Plus d'un, même au premier rang de ceux qui t'écoutent, ô mon fidèle ami, se rappellera jusqu'à la fin, que toi et moi nous assistions à leur première victoire. Tu naquis sous les yeux des deux Bertin ; Saint-Marc Girardin et M. de Sacy, tes deux camarades, t'ont reconnu comme un des combattants des longues batailles ; les deux frères, M. Scribe et M. Legouvé, esprits rares et charmants, t'appelaient leur ami. Que de belles journées, toi et moi, nous avons passées ! Te rappelles-tu le jour où François Ponsard, petit-fils de Corneille, nous apporta sa Lucrèce, et le soir où le jeune Émile Augier, tout brillant de sa naissante fortune, fit représenter la Ciguë ! et cette autre journée, entre toutes favorables, où Jules Sandeau nous demandait si nous étions contents de Mlle de la Seiglière, la digne soeur de Marianaa et du Docteur Herbault ? Ami feuilleton, quel orgueil, quand nous avons proclamé, reine entre toutes les filles de Racine, cette enfant de génie appelée Mlle Rachel ! Tu as le droit d'appeler : ma fille ! la grande Adélaïde Ristori. Quelle bataille : Hernani ! quel triomphe : Marion Delorme ! Voilà des fêtes ! voilà des souvenirs ! En remontant plus haut, nous rencontrons, l'héroïque histoire de la campagne de 1812 «et du géant qui ne laissait après lui, d'autre héritier que le genre humain», disait M. de Salvandy, mon illustre confrère. Enfin, dominant toutes ces renommées et toutes ces gloires de la hauteur énergique de ses quatre-vingt-sept ans, nous saluons le poëte tragique et le fabuliste inimitable, éloquence mêlée de satire, esprit qui rit et qui mord, un porteur d'épée appelé M. Viennet.

Si tu parles d'épée, et de valeur, sois brave.

Pardonnez-moi, Messieurs, ce moment de vanité, un peu de vanité est bien permise à l'heure d'un si grand orgueil.
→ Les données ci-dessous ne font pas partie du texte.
// The rules of used entries, each broken in turn. Four entries were stored by a taking, and are then written over.
use crate::works::{Call, ROOM, Written, blank_book, entry_of, says, write_entries};
use books::{Entry, Kind};
use counting::Counter;
use faults::WorkFault;
use keeping::{Engine, Keeping};
use samples::{ACCEPTED, SWAP, Said, TWO, WIDE};
use search::Search;
use solver::Solver;
use std::alloc::Global;
use std::test::Fail;
use work::{Work, open};

// The entries, and the first that is against its rule.
type Row = (&'static [Written], Option<usize>);

// Relay 1 is off; relay 0 is on or relay 1 is off; and the subgoal of state 2, from where safety clause 0 breaks.
const OFF: Written = (Kind::Taken, 2, 0, 0);

const EITHER: Written = (Kind::Found, 3, 1, 0);

const GOAL: Written = (Kind::Subgoal, 2, 1, 0);

const BLANK: Written = (Kind::Blank, 0, 0, 0);

// Of two relays and one safety clause.
const TWO_ROWS: [Row; 43] = [
    (&[OFF, EITHER, GOAL, GOAL], None),
    // the empty clause, and clauses and states of all relays
    (&[(Kind::Found, 0, 0, 0), OFF, OFF, OFF], None),
    (
        &[(Kind::Taken, 3, 3, 0), (Kind::Subgoal, 3, 3, 0), OFF, OFF],
        None,
    ),
    // a used blank, whatever else is in it
    (&[BLANK, OFF, OFF, OFF], Some(0)),
    (&[OFF, OFF, OFF, BLANK], Some(3)),
    (&[OFF, (Kind::Blank, 2, 0, 0), OFF, OFF], Some(1)),
    // first has a relay too high
    (&[OFF, (Kind::Found, 4, 0, 0), OFF, OFF], Some(1)),
    (&[OFF, (Kind::Taken, 4, 0, 0), OFF, OFF], Some(1)),
    (&[OFF, OFF, (Kind::Found, 6, 2, 0), OFF], Some(2)),
    (&[OFF, OFF, (Kind::Taken, 0x8000_0002, 2, 0), OFF], Some(2)),
    // second has a relay that first has not
    (&[(Kind::Found, 1, 2, 0), OFF, OFF, OFF], Some(0)),
    (&[(Kind::Taken, 1, 3, 0), OFF, OFF, OFF], Some(0)),
    (&[(Kind::Found, 0, 1, 0), OFF, OFF, OFF], Some(0)),
    (&[(Kind::Taken, 3, 0x8000_0003, 0), OFF, OFF, OFF], Some(0)),
    // third is not 0
    (&[OFF, OFF, OFF, (Kind::Found, 1, 0, 1)], Some(3)),
    (&[OFF, OFF, OFF, (Kind::Taken, 1, 0, 256)], Some(3)),
    // state and successor too high
    (&[OFF, (Kind::Subgoal, 4, 1, 0), OFF, OFF], Some(1)),
    (&[OFF, (Kind::Subgoal, 2, 4, 0), OFF, OFF], Some(1)),
    (
        &[OFF, (Kind::Subgoal, 0x8000_0000, 1, 0), OFF, OFF],
        Some(1),
    ),
    (
        &[OFF, (Kind::Subgoal, 2, 0xffff_ffff, 0), OFF, OFF],
        Some(1),
    ),
    // third is no safety clause, and below 256
    (&[(Kind::Subgoal, 2, 1, 1), OFF, OFF, OFF], Some(0)),
    (&[OFF, (Kind::Subgoal, 2, 1, 2), OFF, OFF], Some(1)),
    (&[GOAL, GOAL, (Kind::Subgoal, 2, 2, 255), OFF], Some(2)),
    // third is that of a subgoal at the successor, the nearest or not
    (&[GOAL, (Kind::Subgoal, 0, 2, 256), OFF, OFF], None),
    (&[GOAL, OFF, OFF, (Kind::Subgoal, 3, 2, 256)], None),
    (&[OFF, OFF, GOAL, (Kind::Subgoal, 2, 2, 258)], None),
    (
        &[
            GOAL,
            (Kind::Subgoal, 0, 2, 256),
            (Kind::Subgoal, 3, 0, 257),
            OFF,
        ],
        None,
    ),
    // its own, a later one, one past the used ones, and the highest
    (&[(Kind::Subgoal, 2, 2, 256), OFF, OFF, OFF], Some(0)),
    (&[OFF, (Kind::Subgoal, 2, 2, 257), OFF, OFF], Some(1)),
    (&[OFF, (Kind::Subgoal, 2, 2, 258), GOAL, OFF], Some(1)),
    (&[OFF, OFF, OFF, (Kind::Subgoal, 2, 2, 260)], Some(3)),
    (&[GOAL, OFF, OFF, (Kind::Subgoal, 2, 2, 0xffff)], Some(3)),
    // that of a clause, also where its first is the successor
    (&[OFF, (Kind::Subgoal, 0, 2, 256), OFF, OFF], Some(1)),
    (
        &[(Kind::Found, 2, 0, 0), (Kind::Subgoal, 0, 2, 256), OFF, OFF],
        Some(1),
    ),
    // that of a subgoal of another state, though its successor is that
    (&[GOAL, (Kind::Subgoal, 0, 3, 256), OFF, OFF], Some(1)),
    (&[GOAL, (Kind::Subgoal, 0, 1, 256), OFF, OFF], Some(1)),
    (
        &[
            GOAL,
            (Kind::Subgoal, 0, 2, 256),
            (Kind::Subgoal, 3, 2, 257),
            OFF,
        ],
        Some(2),
    ),
    // the first of several
    (&[BLANK, BLANK, BLANK, BLANK], Some(0)),
    (&[OFF, BLANK, BLANK, OFF], Some(1)),
    (
        &[
            OFF,
            (Kind::Subgoal, 2, 2, 257),
            (Kind::Found, 4, 0, 0),
            BLANK,
        ],
        Some(1),
    ),
    (
        &[
            GOAL,
            (Kind::Subgoal, 0, 2, 256),
            (Kind::Found, 1, 0, 1),
            BLANK,
        ],
        Some(2),
    ),
    // a subgoal of a subgoal that is against its rule comes after that
    (
        &[
            (Kind::Subgoal, 2, 1, 1),
            (Kind::Subgoal, 0, 2, 256),
            OFF,
            OFF,
        ],
        Some(0),
    ),
    (&[BLANK, (Kind::Subgoal, 2, 0, 256), OFF, OFF], Some(0)),
];

// Of two relays and no safety clause: no subgoal can be the first.
const SWAP_ROWS: [Row; 4] = [
    (&[OFF, EITHER, EITHER, OFF], None),
    (&[GOAL, OFF, OFF, OFF], Some(0)),
    (&[OFF, OFF, OFF, GOAL], Some(3)),
    (&[OFF, (Kind::Subgoal, 2, 2, 256), OFF, OFF], Some(1)),
];

const ALL: u32 = 0xffff_ffff;

// Of 32 relays, where no state and no relay is too high, and one safety clause.
const WIDE_ROWS: [Row; 6] = [
    (
        &[
            (Kind::Found, ALL, ALL, 0),
            (Kind::Taken, ALL, 0, 0),
            OFF,
            OFF,
        ],
        None,
    ),
    (
        &[
            (Kind::Subgoal, ALL, ALL, 0),
            (Kind::Subgoal, 0, ALL, 256),
            OFF,
            OFF,
        ],
        None,
    ),
    (&[OFF, (Kind::Found, ALL - 1, ALL, 0), OFF, OFF], Some(1)),
    (
        &[OFF, (Kind::Taken, 0x7fff_ffff, 0x8000_0000, 0), OFF, OFF],
        Some(1),
    ),
    (
        &[
            (Kind::Subgoal, ALL, ALL, 0),
            (Kind::Subgoal, 0, 0, 256),
            OFF,
            OFF,
        ],
        Some(1),
    ),
    (&[(Kind::Subgoal, ALL, ALL, 1), OFF, OFF, OFF], Some(0)),
];

// Whether reading, a turn and two takings tell what the row says, the second of a list with a fault. Where all entries keep
// their rules no turn is asked.
fn told<S: Solver>(
    heap: Global,
    work: &mut Work,
    solver: &mut S,
    book: &mut [Entry],
    row: &Row,
) -> bool {
    let (entries, wrong) = *row;
    write_entries(book, 0, entries);
    let read = work.entry(book, 0);
    match wrong {
        None => {
            entries
                .first()
                .is_some_and(|first| read == Ok(entry_of(*first)))
                && says(heap, work, solver, book, Call::Take(&[]), ACCEPTED)
        }
        Some(number) => {
            let expected: Said = Err((3, 44, number));
            read == Err(WorkFault::AgainstRules(number))
                && says(heap, work, solver, book, Call::Turn, expected)
                && says(heap, work, solver, book, Call::Take(&[1, 3]), expected)
                && says(heap, work, solver, book, Call::Take(&[9]), expected)
        }
    }
}

// The first row that is told otherwise, of one work on the case that has taken the four candidates.
fn first_row<S: Solver>(
    heap: Global,
    solver: &mut S,
    bytes: &[u8],
    four: &[u8],
    rows: &[Row],
) -> Result<Option<usize>, Fail> {
    let mut book = blank_book(heap, 5)?;
    let mut work = open(heap, bytes, solver, 5).map_err(|_| Fail::new("not opened"))?;
    let book = book.as_mut_slice();
    let taken = work.take(solver, book, four).is_ok() && work.look().used == 4;
    let wrong = rows
        .iter()
        .position(|row| !(taken && told(heap, &mut work, solver, book, row)));
    work.close().put_away();
    Ok(wrong)
}

// Relay 0 is off and relay 1 is off, twice; and that relay 31 is off, four times.
const FOUR: &[u8] = &[1, 1, 1, 3, 1, 1, 1, 3];

const WIDE_FOUR: &[u8] = &[1, 63, 1, 63, 1, 63, 1, 63];

// What the tables are for: the case and the four candidates.
const TABLES: [(&[u8], &[u8], &[Row]); 3] = [
    (&TWO, FOUR, &TWO_ROWS),
    (&SWAP, FOUR, &SWAP_ROWS),
    (WIDE, WIDE_FOUR, &WIDE_ROWS),
];

// The first table of which a row is told otherwise, and that row.
fn first_wrong<E: Engine>(heap: Global) -> Result<Option<(usize, usize)>, Fail> {
    let mut solver = Keeping::<E>::new(heap, ROOM)?;
    for (table, (bytes, four, rows)) in TABLES.iter().enumerate() {
        if let Some(row) = first_row(heap, &mut solver, bytes, four, rows)? {
            return Ok(Some((table, row)));
        }
    }
    Ok(None)
}

#[test]
fn counting_tells(rt: HostRuntime) -> Result<(), Fail> {
    assert_eq!(rt; first_wrong::<Counter>(rt.alloc())?, None);
    Ok(())
}

#[test]
fn propagating_tells(rt: HostRuntime) -> Result<(), Fail> {
    assert_eq!(rt; first_wrong::<Search>(rt.alloc())?, None);
    Ok(())
}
La littérature, en son ensemble et dans ses détails, est semblable à quelque grand orchestre où chaque instrument compte, à commencer par la harpe et le violon, à finir par l'ophicléide et le tambour. Que l'on ait l'honneur d'écrire les grands poëmes, ou bien n'allez pas plus loin que la chanson, encore y faut-il du bon sens et de l'art, parfois même du courage, et voilà le beau moment, je n'ai pas dit la gloire du feuilleton.

Frédéric le Grand, qui fut presque un des vôtres, tant il aima Voltaire et d'Alembert, le lendemain d'une grande bataille où son royaume était en jeu, comme il demandait à ses capitaines : «Savez-vous, messieurs, quel fut le plus brave et le plus hardi de la journée ?» ils répondirent en s'inclinant : «C'est vous, sire ! - Oh ! bien, reprit le roi, ce n'est pas moi, c'est un petit fifre. Au plus chaud de la bataille, il n'a pas cessé de souffler dans son turlututu».

Or, Messieurs, le feuilleton et le turlututu c'est même chose. Il ne s'agit, pour mériter le suffrage des grands esprits et les louanges des grands rois, que d'avoir, avec le souffle, un peu de courage et beaucoup d'honneur...

Quand il eut prononcé son discours de réception, à l'instant même où modestement il pensait avoir conquis tous les suffrages, le faiseur de feuilletons entendit grincer dans leurs gonds ces portes formidables avec ces mots sacramentels : Vade retro !

L'horloge de l'Institut sonnait une heure après minuit ; les deux lions, la gueule ouverte, avaient épuisé leur filet d'eau ; la Seine, au loin grondante, emporta dans le pays des songes et des vanités mes rêves, mon discours et mon feuilleton.

Avril 1865.


Notes :

(1) Sed vatem egregium, cui non sit publica vena,
Qui nihil expositum soleat deducere, nec qui
Communi feriat carmen triviale monetâ !
Hunc qualem nequeo monstrare, et sentio tantum,
Anxietate carens animus facit, omnis acerbi
Impatiens, cupidus silvarum, aptusque bibendis
Fontibus Aonidum.

(2) M. Louis Ratisbonne, le traducteur du Dante, a reçu en effet la plus noble et la plus glorieuse part de l'héritage du feu comte Alfred de Vigny.
(3) L'Ane mort, le Chemin de traverse, la Religieuse de Toulouse, les Gaîtés champêtres, Histoire de la Littérature dramatique, les Petits Bonheurs, Rameau, hier encore la Poésie et l'Éloquence au temps des Césars, Horace enfin.